**Exercise prompt:** Report only how many lines of the records contain the word "What".

**Source records:**
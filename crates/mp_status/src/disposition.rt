//! What a status asks for.

ghost use Rattle.std.specs.Prelude.{◌≡◌};
ghost use Rattle.mp_status.specs.Disposition.{disposition_of, must_not_retry, is_path_related, is_ana};

use crate::class::Class;
use crate::statuses::{
    INACCESSIBLE, MOST_RETRIES, PATH_RELATED, PERSISTENT_LOSS, SUCCESS, TRANSITION,
};

/// What a status asks for after so many retries on its path. The first of these decides: status 0 completes; the
/// do-not-retry bit completes; five or more retries already made complete; a status of type 3 fails over; any other is
/// retried on the same path. A failover is by an ANA status where bits 10 to 0 are 301h, 302h or 303h.
pub fn class(status: u16, retries: u8) -> Class
    ensures { result ≡ disposition_of status retries }
{
    if status == SUCCESS || must_not_retry(status) || retries >= MOST_RETRIES {
        Class::Complete
    } else if is_path_related(status) {
        Class::Failover {
            ana: is_ana(status),
        }
    } else {
        Class::Retry
    }
}

/// Whether the do-not-retry bit is set.
fn must_not_retry(status: u16) -> bool
    ensures { result ≡ must_not_retry status }
{
    status / 0x4000 % 2 == 1
}

/// Whether the status is of the type of a path's statuses.
fn is_path_related(status: u16) -> bool
    ensures { result ≡ is_path_related status }
{
    status / 0x100 % 8 == PATH_RELATED
}

/// Whether the status is one of the three by which a path tells its ANA state.
fn is_ana(status: u16) -> bool
    ensures { result ≡ is_ana status }
{
    let kind = status % 0x800;
    kind == PERSISTENT_LOSS || kind == INACCESSIBLE || kind == TRANSITION
}
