//! What the statuses of the disposition's table ask for.

use crate::class::Class;
use crate::disposition::class;
use std::test::Fail;

/// How a class is written here.
fn name(class: Class) -> &'static str {
    match class {
        Class::Complete => "complete",
        Class::Failover { ana: true } => "failover by ana",
        Class::Failover { ana: false } => "failover",
        Class::Retry => "retry",
    }
}

#[test]
fn statuses_are_sorted(rt: HostRuntime) {
    assert_eq!(rt; name(class(0x0000, 0)), "complete");
    assert_eq!(rt; name(class(0x4302, 0)), "complete");
    assert_eq!(rt; name(class(0x0302, 5)), "complete");
    assert_eq!(rt; name(class(0x0302, 4)), "failover by ana");
    assert_eq!(rt; name(class(0x1B01, 0)), "failover by ana");
    assert_eq!(rt; name(class(0x0303, 0)), "failover by ana");
    assert_eq!(rt; name(class(0x0300, 0)), "failover");
    assert_eq!(rt; name(class(0x0304, 0)), "failover");
    assert_eq!(rt; name(class(0x0370, 0)), "failover");
    assert_eq!(rt; name(class(0x0006, 4)), "retry");
    assert_eq!(rt; name(class(0x0006, 5)), "complete");
    assert_eq!(rt; name(class(0x0800, 0)), "retry");
}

**Finished task:** 3